I still continue my research, pounding away at the keyboard late at night delving into cell biology, grasping tumor morphology: DNA synthesizing for preparation of mitosis that allows accelerated cell growth, taking notes, asking questions, searching for answers, reading literature reviews, abstracts and medical research reports, downloading book after book onto my Kindle regarding the biology of cancer, reviews of alternative treatments, and so on. I immerse myself in looking at different alternative modalities and surfing cancer patient forums which are a wealth of real time information about treatments experienced by real patients who don't sugar coat the side effects or hide behind pharmaceutical company literature and non-profits that have jumped onto the cancer industry bankroll, to "be there for you through your disease."
Most folks over here have see the Cancer Research adverts on TV which say " Fifty percent of all cancer patients survive; but we know that isn't good enough..." for those who are a part of that fifty percent we are hysterically happy for you, your family, and your community. And you fifty percenters who survive have all the mainstream media, medicine, and politics supporting you. But what about the other fifty percent? The other HALF of cancer patients who die despite following all the protocols, the new drug trials, etc. etc. Who speaks for them? Who speaks for those of us with cancer who don't believe fifty percent survival to five years is actually a cure, or something in which we can trust with our lives? I am sure I don't know. In this blog I am only speaking for me and Les.
Lest you think I never tire, I will tell you the bitter truth: there are times when I take a shower and cry while the water runs so Les doesn't hear me. There are mornings when I have to force myself to get up and put my feet on the floor, to walk to the galley and begin "The regimen" of hot water with fresh squeezed lemon juice first, which we drink while I count out twenty four of the thirty pills Les will take each day, knowing he will not remember to take them if I don't remind him throughout each interval of every single day.
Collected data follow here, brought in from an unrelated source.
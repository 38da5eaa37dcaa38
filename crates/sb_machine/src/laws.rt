//! The laws of the machine.

ghost use Rattle.sb_machine.specs.Laws.{StepsArePlain, StepsWithMarkArePlain, MachinesShow, OwnStepsArePlain, OwnStepsWithMarksArePlain};

use sb_landing::steps_stay_beside;

/// A step of a machine that stands for a state of the plain machine is a step of the plain machine from there, with the same
/// line; with its mark it is one with the same mark; and a machine shows the state for which it stands.
pub fn steps_are_plain()
    ensures steps { StepsArePlain }
    ensures marked { StepsWithMarkArePlain }
    ensures shows { MachinesShow }
{
    steps_stay_beside();
}

/// Steps that a core makes by itself, from a machine that stands for a state of the plain machine, are a run of the plain machine
/// from there, with the same lines, of which none is idle; with their marks they are one with the same marks.
pub fn own_steps_are_plain()
    ensures steps { OwnStepsArePlain }
    ensures marked { OwnStepsWithMarksArePlain }
{
    steps_are_plain();
}
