//! The dump of a machine: what goes to the sink.

ghost use Rattle.std.specs.Prelude.{◌≡◌, ◌+◌, ◌*◌, ◌^◌, ◌<◌, ◌≤◌, ◌==◌, IfOk, IfErr, OnOk, OnErr, length, not, take};
ghost use Rattle.std.specs.List.{list_any};
ghost use Rattle.sb_abi.specs.declared.space.TheConstants.{WINDOW_THREADS};
ghost use Rattle.sb_memory.specs.Physical.{HasSize, frame_count};
ghost use Rattle.sb_port.specs.Port.{Appended, Rose};
ghost use Rattle.sb_shows.specs.Dump.{core_line, bytes_line};
ghost use Rattle.sb_machine.specs.Dump.{machine_dump, DumpShows};
ghost use Rattle.sb_machine.specs.Machine.{words_of};
ghost use Rattle.sb_machine.specs.Writing.{Wrote, frame_part, texts};

use crate::dump_lines::{bytes_line, core_line, count_line, frame_line};
use crate::frame::frame_bytes;
use crate::machine::Machine;
use crate::parts::Parts;
use sb_memory::{Frame, Memory, PAGE_SIZE, Phys};
use sb_port::{Sink, WriteFault, write_all};

/// How many bytes a line of a frame shows.
const LINE_BYTES: usize = 64;

// `room` keeps the count of written bytes from passing what a word holds: no dump has 2^60 bytes.

/// Appends bytes behind so many written ones, and answers how many are written now.
fn put<K: Sink>(sink: &mut K, written: usize, bytes: &[u8]) -> Result<usize, WriteFault>
    requires few { length bytes.now ≤ 256 }
    requires room { written ≤ 2 ^ 62 }
    ensures wrote { Wrote (K.held sink.old) (K.held sink.new) (K.faults sink.old) (K.faults sink.new) written bytes.now result }
    ensures few { IfOk result (λ total. total ≤ written + 256) }
{
    match write_all(sink, bytes) {
        Ok(()) => Ok(written + bytes.len()),
        Err(fault) => Err(WriteFault {
            written: written + fault.written,
        }),
    }
}

/// Writes the line of each core.
fn write_cores<K: Sink>(sink: &mut K, first: usize, parts: &Parts) -> Result<usize, WriteFault>
    requires few { length parts.now.cores ≤ WINDOW_THREADS }
    requires room { first ≤ 2 ^ 16 }
    ensures wrote { Wrote (K.held sink.old) (K.held sink.new) (K.faults sink.old) (K.faults sink.new) first
        (texts (core_line (words_of parts.now)) (length parts.now.cores)) result }
    ensures few { IfOk result (λ total. total ≤ first + 256 * WINDOW_THREADS) }
{
    let mut written = first;
    for number in 0..parts.cores.len() as u8 {
        let line = core_line(number, &parts.core(number).state);
        written = put(sink, written, line.bytes())?;
    }
    Ok(written)
}

/// Writes the lines of a frame's bytes.
fn write_bytes<K: Sink>(sink: &mut K, first: usize, bytes: &[u8]) -> Result<usize, WriteFault>
    requires size { length bytes.now ≡ PAGE_SIZE }
    requires room { first ≤ 2 ^ 61 }
    ensures wrote { Wrote (K.held sink.old) (K.held sink.new) (K.faults sink.old) (K.faults sink.new) first
        (texts (bytes_line bytes.now) 64) result }
    ensures few { IfOk result (λ total. total ≤ first + 256 * 64) }
{
    let mut written = first;
    for number in 0..64 {
        let start = LINE_BYTES * number;
        let line = bytes_line(&bytes[start..start + LINE_BYTES]);
        written = put(sink, written, line.bytes())?;
    }
    Ok(written)
}

/// Whether there is a byte other than 0.
fn has_nonzero_byte(bytes: &[u8]) -> bool
    ensures { result ≡ list_any (λ byte. not (byte == 0)) bytes.now }
{
    bytes.iter().any(|byte| *byte != 0)
}

/// Writes a frame where it has a byte other than 0, and else nothing.
fn write_frame<K: Sink>(
    sink: &mut K,
    first: usize,
    memory: &Memory,
    frame: Frame,
) -> Result<usize, WriteFault>
    requires size { HasSize memory.now }
    requires there { frame.0 < frame_count memory.now }
    requires room { first ≤ 2 ^ 60 }
    ensures wrote { Wrote (K.held sink.old) (K.held sink.new) (K.faults sink.old) (K.faults sink.new) first
        (frame_part memory.now frame.0) result }
    ensures few { IfOk result (λ total. total ≤ first + 256 * 65) }
{
    let bytes = frame_bytes(memory, frame);
    if !has_nonzero_byte(bytes) {
        return Ok(first);
    }
    let line = frame_line(frame);
    let written = put(sink, first, line.bytes())?;
    write_bytes(sink, written, bytes)
}

/// Writes each frame that has a byte other than 0.
fn write_frames<K: Sink>(sink: &mut K, first: usize, memory: &Memory) -> Result<usize, WriteFault>
    requires room { first ≤ 2 ^ 32 }
    ensures wrote { Wrote (K.held sink.old) (K.held sink.new) (K.faults sink.old) (K.faults sink.new) first
        (texts (frame_part memory.now) (frame_count memory.now)) result }
    ensures few { IfOk result (λ total. total ≤ 2 ^ 60) }
{
    let mut written = first;
    for number in 0..memory.frames() {
        written = write_frame(sink, written, memory, Frame(number))?;
    }
    Ok(written)
}

/// Writes the dump of a machine of these parts.
fn write_parts<K: Sink>(sink: &mut K, parts: &Parts) -> Result<usize, WriteFault>
    requires few { length parts.now.cores ≤ WINDOW_THREADS }
    ensures { Wrote (K.held sink.old) (K.held sink.new) (K.faults sink.old) (K.faults sink.new) 0
        (machine_dump parts.now) result }
{
    let line = count_line(parts.memory.frames());
    let written = put(sink, 0, line.bytes())?;
    let written = write_cores(sink, written, parts)?;
    let written = write_frames(sink, written, &parts.memory)?;
    put(sink, written, b"end\n")
}

/// The dump of these parts shows each state for which they stand, since a memory has all its frames.
fn dump_shows(parts: &Parts)
    ensures { DumpShows parts.now }
{
    let _ = parts.memory.frames();
}

impl Machine {
    /// A law, which does nothing when it is called: what `write_dump` writes shows each state for which the machine stands.
    pub fn dump_shows(&self)
        ensures { DumpShows self.now }
    {
        dump_shows(&self.parts);
    }

    /// Writes the dump: the number of frames, the words of each core, and each frame that has a byte other than 0. It takes no
    /// memory. What it writes shows each state for which the machine stands.
    ///
    /// # Errors
    ///
    /// `WriteFault` only where the sink's count of faults rose. Exactly the first `written` bytes of the dump were appended.
    pub fn write_dump<K: Sink>(&self, sink: &mut K) -> Result<(), WriteFault>
        ensures ok { OnOk result (Appended (K.held sink.old) (K.held sink.new) (machine_dump self.now)) }
        ensures err { IfErr result (λ fault.
            Appended (K.held sink.old) (K.held sink.new) (take fault.written (machine_dump self.now))) }
        ensures part { IfErr result (λ fault. fault.written < length (machine_dump self.now)) }
        ensures fault { OnErr result (Rose (K.faults sink.old) (K.faults sink.new)) }
        ensures later { K.faults sink.old ≤ K.faults sink.new }
        ensures shows { DumpShows self.now }
    {
        dump_shows(&self.parts);
        write_parts(sink, &self.parts)?;
        Ok(())
    }
}
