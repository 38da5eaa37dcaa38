//! What a core reads and writes outside its own registers.

use sb_list::Listed;

/// What is read or written: a word of physical memory, or, read alone, how many lines a core has made.
#[derive(Clone, Copy, Debug, PartialEq, Eq)]
pub enum Place {
    /// The word at this physical address, a multiple of 8.
    Word(u64),
    /// The lines of the core of this number, modulo 2^64.
    Core(u8),
}

/// A place with the value that stands there.
#[derive(Clone, Copy, Debug, PartialEq, Eq)]
pub struct Seen {
    pub place: Place,
    pub value: u64,
}

/// Places with their values, each place once.
pub type Seens = Listed<Seen>;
I plan our menus with care to make the most nutritious, healing meals filled with cancer fighting agents resveratrol, ellagic acids, buteryl acids, short chain fatty acids, and so on to stop or slow angiogenesis, cell division and mitosis of cancer cells inside my husband. I grow weary of brewing herbal decoctions every week, decanting them into jars taking up precious real estate in our tiny fridge, and remembering to mix them: 30 ML of medicinal herbal decoction with 60 ML of water every night before bed; mixing blackberry, raspberry or blueberry smoothies for lunch with additions of Ultra B Complex. IP-6, Whey powder, and Modified Citrus Complex.
Understand, I am not complaining about the doing of these things for Les--he is my lover, my best friend, and the best of my Best Beloveds. I feel entirely grateful he is still here to laugh with me and pull me into his arms each night. It is the disease that makes me weary, sad, tired and angry; my enemy, my foe--and the modern cancer industry which grows richer each month while it consumes the lives of those I love and feeds on our misery. I have spent almost a decade now fighting cancer; for myself first and now for Les. Cancer is relentless in its growth and colonization of new territory and so I must be just as relentless. I cannot afford a day off here, a night out there; a vacation from this war is not an option.